Por las noches el concierto de bombas era atroz. En ciertas semanas el promedio diario era de 20 o 30. Recuerdo que en una de esas noches fragorosas el pequeño hijo de un periodista amigo se despertó bruscamente con una de tantas explosiones y preguntó: "¿Qué fue eso?". Le dijeron que había sido una bomba, y entonces el niño comentó, antes de recuperar el sueño: "Ah, qué suerte. Creí que había sido un trueno". A tal punto las bombas se habían convertido en una rutina.

Se me ocurre que la euforia que hoy viven los argentinos es también una compensación de aquella era tenebrosa y la que le siguió. Una ciudad espléndida como Buenos Aires (probablemente la metrópoli más seductora de toda América Latina), con una gente que siempre tuvo una particular vocación para disfrutar de la vida, se encontró de pronto infestada por una delirante crueldad. Y aunque el brujo repitiera verde, verde, verde hasta el infinito, ¿a quién podía importarle el poder de los perfumes y de los colores si la muerte se había hecho dueña de las calles?

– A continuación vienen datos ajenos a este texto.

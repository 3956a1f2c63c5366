//! Reading the source to its end.
ghost use Rattle.std.specs.Prelude.{◌<◌, ◌^◌};
ghost use Rattle.memory_count.specs.Faults.{HasRisenBy};
ghost use Rattle.rpc_tools.specs.Outcomes.{Gives, lacks_read};

use memory_count::Memory;
use rpc_base::Octets;
use rpc_outside::Source;

/// The bytes that one call of the source may give.
const CHUNK: usize = 4096;

/// What reading a source gave.
#[derive(Drop)]
pub enum Input {
    /// All of its bytes.
    Whole(Octets),
    /// More bytes than are taken.
    TooLong,
    /// The source failed.
    Fault,
    /// There was no memory for the bytes.
    Memory,
}

/// Reads the source to its end, to a fault, or until more than `most` bytes came.
pub fn read_all<S: Source>(memory: &mut Memory, source: &mut S, most: usize) -> Input
    requires { most < 2 ^ 32 }
    ensures gives { Gives most result (S.input source.old) (S.input source.new) }
    ensures cause { HasRisenBy (lacks_read result) memory.old memory.new }
{
    let mut bytes = Octets::from(Vec::new(memory.alloc()));
    let mut chunk = [0u8; CHUNK];
    'chunks: for turn in 0..most + 1 {
        let count = match source.read(&mut chunk) {
            Ok(count) => count,
            Err(_) => return Input::Fault,
        };
        if count == 0 {
            return Input::Whole(bytes);
        }
        if memory.of(bytes.append(&chunk[..count])).is_err() {
            return Input::Memory;
        }
        if bytes.len() > most {
            return Input::TooLong;
        }
    }
    // Each turn brought a byte, so one of the answers above was given.
    unreachable!()
}
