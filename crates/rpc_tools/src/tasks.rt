//! The tasks that words ask for.
ghost use Rattle.std.specs.Prelude.{◌≡◌, [], map, Some};
ghost use Rattle.std.specs.String.{string_bytes};
ghost use Rattle.command_line.specs.Answers.{IsInRange};
ghost use Rattle.command_line.specs.Tasks.{task_of};
ghost use Rattle.rpc_tools.specs.Runs.{Runs, around};
ghost use Rattle.rpc_turns.specs.Moments.{edges_of, outside};

use crate::drill::drill;
use crate::report::audit_report;
use crate::serving::serve_as_told;
use crate::simulation::sim;
use command_line::{Task, WordsError, read_words};
use load_run::load;
use memory_count::Memory;
use rpc_outside::{Clock, Link, PlainDuty, Recorder, Sink, Source};
use run_status::Status;
use std::sync::Wait;
use worker_crew::{Hand, Spawner};

/// Does a task. The spawner has no hand out before and after.
fn run_task<H, S, K, L, C, P, R>(
    memory: &mut Memory,
    rt: H,
    task: &Task,
    source: &mut S,
    sink: &mut K,
    link: &mut L,
    clock: &mut C,
    spawner: &mut P,
    rec: &mut R,
) -> Status
where
    H: Wait + Drop,
    S: Source,
    K: Sink,
    L: Link,
    C: Clock,
    P: Spawner<Hand<PlainDuty>>,
    R: Recorder,
    requires range { IsInRange task.now }
    requires none { P.hands_out spawner.old ≡ [] }
    ensures none { P.hands_out spawner.new ≡ [] }
    ensures runs { Runs (outside L.Link C.gave R.log) (Some task.now) result
        (around (S.input source.old) (K.page sink.old) (edges_of link.old clock.old rec.old)
        spawner.old memory.old)
        (around (S.input source.new) (K.page sink.new) (edges_of link.new clock.new rec.new)
        spawner.new memory.new) }
{
    match task {
        Task::Sim => sim(memory, source, sink),
        Task::Drill { seed, calls } => drill(memory, *seed, *calls, sink),
        Task::Serve(spec) => serve_as_told(memory, rt, spec, sink, link, clock, spawner, rec),
        Task::Load(spec) => load(memory, rt, spec, sink, link, clock, rec),
        Task::Audit => audit_report(memory, source, sink),
    }
}

/// Does what the words ask for. The spawner has no hand out before and after.
pub(crate) fn run_words<H, S, K, L, C, P, R>(
    memory: &mut Memory,
    rt: H,
    words: &[String],
    source: &mut S,
    sink: &mut K,
    link: &mut L,
    clock: &mut C,
    spawner: &mut P,
    rec: &mut R,
) -> Status
where
    H: Wait + Drop,
    S: Source,
    K: Sink,
    L: Link,
    C: Clock,
    P: Spawner<Hand<PlainDuty>>,
    R: Recorder,
    requires none { P.hands_out spawner.old ≡ [] }
    ensures none { P.hands_out spawner.new ≡ [] }
    ensures runs { Runs (outside L.Link C.gave R.log) (task_of (map string_bytes words.now)) result
        (around (S.input source.old) (K.page sink.old) (edges_of link.old clock.old rec.old)
        spawner.old memory.old)
        (around (S.input source.new) (K.page sink.new) (edges_of link.new clock.new rec.new)
        spawner.new memory.new) }
{
    match read_words(memory, words) {
        Ok(task) => run_task(memory, rt, &task, source, sink, link, clock, spawner, rec),
        Err(WordsError::Usage) => Status::Usage,
        Err(WordsError::NoMemory) => Status::NoMemory,
    }
}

Es claro que ni Krishna ni Mahoma pudieron salvar a López Rega de su caída. Lo más probable es que ni siquiera se hayan enterado de la existencia de ese acólito espontáneo. Pero tras el mutis discretísimo, casi un escamoteo, y quizá inspirados por ese autoeclipse, los militares argentinos institucionalizaron los desaparecimientos. Treinta mil es meramente una cifra, pero la suma de todas y cada una de esas hecatombes familiares, de los hogares destruidos, de las profesiones, oficios y proyectos frustrados, es sencillamente un infortunio nacional.

Hoy, cuando ya es evidente que el sol no es verde, es probable que el nuevo Gobierno, democráticamente electo, tienda a desenmarañar de una vez por todas ese enigma infame, y no es inverosímil que, según sea el ritmo de los próximos acontecimientos, las incombustibles madres de la Plaza de Mayo, esas valientes locas, dejen algún día de efectuar su ronda tenaz y estremecedora. Pero aun cuando ya no desfilen en la realidad, igual seguirán andando implacablemente por la historia, con las fotos de sus lindos muchachos y muchachas exhibidas como estandartes de dignidad, y sus preguntas inexorables sonando como campanas. Y habrá que reconocer que su dolor militante fue después de todo un hecho creador, un imborrable baldón para la dictadura, construido semana tras semana.

Si hoy los argentinos viven por primera vez en varios años un clima de esperanza, conviene no olvidar que el deterioro final de la dictadura debe buena parte de su carácter irreversible a la gesta circular, austera y horadante de estas madres, que a su vez parecen hijas de la Mutter Courage de Bertolt Brecht. Definitivamente, el sol no es verde. Una avalancha de votos argentinos se ha encargado de demostrarlo.